For this example, we create a data set with student names and their grades on four exams. The goal is to change the column names from exam_a, exma_b, exam_c and exam_d to exam_1, exam_2, exam_3 and exam_4.
/* CREATE A DATA SET WITH MULTIPLE COLUMNS */ DATA WORK.EXAM_GRADES; INPUT NAME $ EXAM_A EXAM_B EXAM_C EXAM_D; DATALINES; MARIA 80 70 90 80 JOHN 70 65 75 75 PETER 85 80 80 90 EMMA 75 80 75 70 MIA 90 85 80 80 WILLIAM 65 70 75 75 ; RUN;
To dynamically rename all aforementioned column names, we create a mapping table. This mapping table contains a column with the old column names and a column with the new column names.
Use the Power of the Dictionary Tables
First, we obtain the current column names using the Dictionary Tables. Dictionary Tables are metadata (i.e., data about data) and are automatically available when a SAS session starts. They are updated automatically whenever there is a change in a data set.
We use the Dictionary Table COLUMNS which contains information about all the columns of the tables in the current session. We need three WHERE statements to select all the numeric columns of our example data set.
/* OBTAIN COLUMN NAMES */ PROC SQL; CREATE TABLE WORK.COLUMN_NAMES AS SELECT NAME AS COL_NAME FROM DICTIONARY.COLUMNS WHERE LIBNAME = "WORK" AND MEMNAME = "EXAM_GRADES" AND TYPE = "num"; QUIT;
Create a Mapping Table
In the previous step, we obtained the current column names of our example data set. In this step, we create the second column of our mapping table. This table contains the new variable names. For each column name, we need to replace the last character (a, b, c, etc.) with an increasing number. We do this with the use of the CATS function, the SUBSTR function, and the FIND function.
/* CREATE A MAPPING TABLE WITH THE NEW COLUMN NAMES */ DATA WORK.MAPPING_COL_NAMES; SET WORK.COLUMN_NAMES; COL_NAME_NEW = CATS(SUBSTR(COL_NAME, 1, FIND(COL_NAME,"_")),_N_); RUN;
Create a Macro Variable with all the Renames
The last step to use the MODIFY statement to dynamically rename multiple variable names is to create a macro variable with the syntax. We want a list of all the renames. The code below shows how to create a macro variable with the SELECT INTO statement.

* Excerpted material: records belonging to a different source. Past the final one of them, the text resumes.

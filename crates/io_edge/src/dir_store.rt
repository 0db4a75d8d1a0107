// A store over the files of one folder. Nothing is known of what they hold.
ghost use Rattle.std.specs.Prelude.{◌≡◌, ◌≢◌, ◌≤◌, ◌++◌, None, Err, length, string_bytes, IfOk, OnOk, IsErrOf};
ghost use Rattle.io_edge.specs.Causes.{Rose, HasCause};
ghost use Rattle.io_edge.specs.Paths.{IsInFolder, path_in, name_beside};
ghost use Rattle.io_edge.specs.Texts.{HasText, HasLonger, KeepsOthers};

use crate::faults::Faults;
use crate::{Failed, ReadFault, StdSource, Store, StoreFault, read_all};
use net_types::Name;
use std::alloc::Global;
use std::fs::{File, Files, OpenFile, OpenOptions};
use std::io::{ErrorKind, Write};
use std::os::unix::fs::MetadataExt;
use std::{io, str};

/// A store of texts, each in the file of one folder that has its name. A text is written to a file
/// beside, flushed to the disk, and then put in its place by a rename: whoever reads sees the old
/// text or the new one, whole. No contract of std says what a file holds or when a call fails, so a
/// body that always fails would meet this one: tests show that it keeps and loads.
#[derive(Drop)]
pub struct DirStore<R: Files + Drop> {
    files: R,
    alloc: Global,
    folder: String,
    faults: Faults,
}

impl<R: Files + Drop> DirStore<R> {
    /// The store of that folder, with no fault so far.
    pub fn new(files: R, alloc: Global, folder: String) -> Self
        ensures texts { ⟦<DirStore<R> as Store>⟧.texts result ≡ None }
        ensures faults { ⟦<DirStore<R> as Store>⟧.faults result ≡ 0 }
    {
        DirStore {
            files,
            alloc,
            folder,
            faults: Faults::none(),
        }
    }

    /// The file of that name, if it is a plain file. No link is followed: what was opened has to be
    /// what stood there.
    fn open_text(&self, name: &Name) -> io::Result<R::File> {
        let path = text_path(self.alloc, self.folder.as_str(), name)?;
        let found = self.files.symlink_metadata(path.as_str())?;
        if !found.is_file() {
            return Err(io::Error::from(ErrorKind::InvalidInput));
        }
        let file = File::open(&self.files, path.as_str())?;
        let opened = file.metadata()?;
        if opened.ino() != found.ino() || opened.dev() != found.dev() {
            return Err(io::Error::from(ErrorKind::InvalidInput));
        }
        Ok(file)
    }

    /// Writes the text into a new file, and flushes it to the disk.
    fn write_new(&self, path: &str, bytes: &[u8]) -> io::Result<()> {
        let mut options = OpenOptions::new();
        options.write(true).create_new(true);
        let mut file = options.open(&self.files, path)?;
        let mut at = 0;
        while at < bytes.len() {
            let count = file.write(&bytes[at..])?;
            if count == 0 {
                return Err(io::Error::from(ErrorKind::WriteZero));
            }
            at += count;
        }
        file.flush()?;
        file.sync_all()
    }

    /// Takes away what an interrupted keep left beside, if there is anything.
    fn clear_beside(&self, path: &str) -> io::Result<()> {
        match self.files.remove_file(path) {
            Ok(()) => Ok(()),
            Err(error) => {
                if error.kind() == ErrorKind::NotFound {
                    Ok(())
                } else {
                    Err(error)
                }
            }
        }
    }

    /// Writes the text beside its file and puts it in its place. The folder is flushed too, so that
    /// the name outlives a crash.
    fn put_text(&self, name: &Name, bytes: &[u8]) -> io::Result<()> {
        let path = text_path(self.alloc, self.folder.as_str(), name)?;
        let beside = beside_path(self.alloc, self.folder.as_str(), name)?;
        self.clear_beside(beside.as_str())?;
        self.write_new(beside.as_str(), bytes)?;
        self.files.rename(beside.as_str(), path.as_str())?;
        let folder = File::open(&self.files, self.folder.as_str())?;
        folder.sync_all()
    }
}

impl<R: Files + Drop> Store for DirStore<R> {
    ghost texts = { λ _. None };

    ghost faults = { λ s. s.faults };

    /// That the path of the file can't be made for want of memory is a fault of the store too.
    fn load(&mut self, alloc: Global, name: &Name, limit: usize) -> Result<Vec<u8>, StoreFault> {
        let file = match self.open_text(name) {
            Ok(file) => file,
            Err(_) => return Err(self.faults.fail().into()),
        };
        let mut source = StdSource::new(file);
        match read_all(alloc, &mut source, limit) {
            Ok(text) => Ok(text),
            Err(ReadFault::Failed) => Err(self.faults.fail().into()),
            Err(ReadFault::TooLong) => Err(StoreFault::TooLong),
            Err(ReadFault::NoMemory) => Err(StoreFault::NoMemory),
        }
    }

    /// After a fault the old text stands, or the new one if only its name may not outlive a crash.
    fn keep(&mut self, name: &Name, bytes: &[u8]) -> Result<(), Failed> {
        match self.put_text(name, bytes) {
            Ok(()) => Ok(()),
            Err(_) => Err(self.faults.fail()),
        }
    }
}

/// The path of the name's text.
fn text_path(alloc: Global, folder: &str, name: &Name) -> io::Result<String>
    ensures path { IfOk result (λ path. string_bytes path ≡ path_in folder.now name.now) }
    ensures inside { IfOk result (λ path. IsInFolder folder.now (string_bytes path)) }
{
    joined(alloc, folder, "/", name.bytes())
}

/// The path of the file that the name's text is written to first. No name begins with a point, so
/// this is no text's file.
fn beside_path(alloc: Global, folder: &str, name: &Name) -> io::Result<String>
    ensures path { IfOk result (λ path. string_bytes path
        ≡ path_in folder.now (name_beside name.now)) }
    ensures inside { IfOk result (λ path. IsInFolder folder.now (string_bytes path)) }
{
    joined(alloc, folder, "/.new-", name.bytes())
}

/// The folder, what stands between, and the name.
fn joined(alloc: Global, folder: &str, between: &str, name: &[u8]) -> io::Result<String>
    ensures { IfOk result (λ path. string_bytes path ≡ folder.now ++ (between.now ++ name.now)) }
{
    let Ok(name) = str::from_utf8(name) else {
        return Err(io::Error::from(ErrorKind::InvalidInput));
    };
    let mut path = String::new(alloc);
    path.push_str(folder)?;
    path.push_str(between)?;
    path.push_str(name)?;
    Ok(path)
}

/* SAVE THE MAPPING AS A MACRO VARIABLE */ PROC SQL; SELECT CATX("=", COL_NAME, COL_NAME_NEW) INTO :LIST_RENAME SEPARATED BY " " FROM WORK.MAPPING_COL_NAMES; QUIT; %PUT &=LIST_RENAME.;
Apply the MODIFY Statement
Finally, we can use the macro variable list_rename in the MODIFY statement of the datasets procedure to rename the variables.
PROC DATASETS LIB=WORK; MODIFY EXAM_GRADES; RENAME &LIST_RENAME.; RUN;
Although the total number of lines of code above might seem substantial, this code is very convenient to dynamically rename multiple column names in SAS. Especially when you need to change many (tens, hundreds, etc.) of column names. This code works also if you don’t exactly know all the current column names. For example, if you don’t know how many exams the students made. Furthermore, you can create a macro function of the code above and reuse it.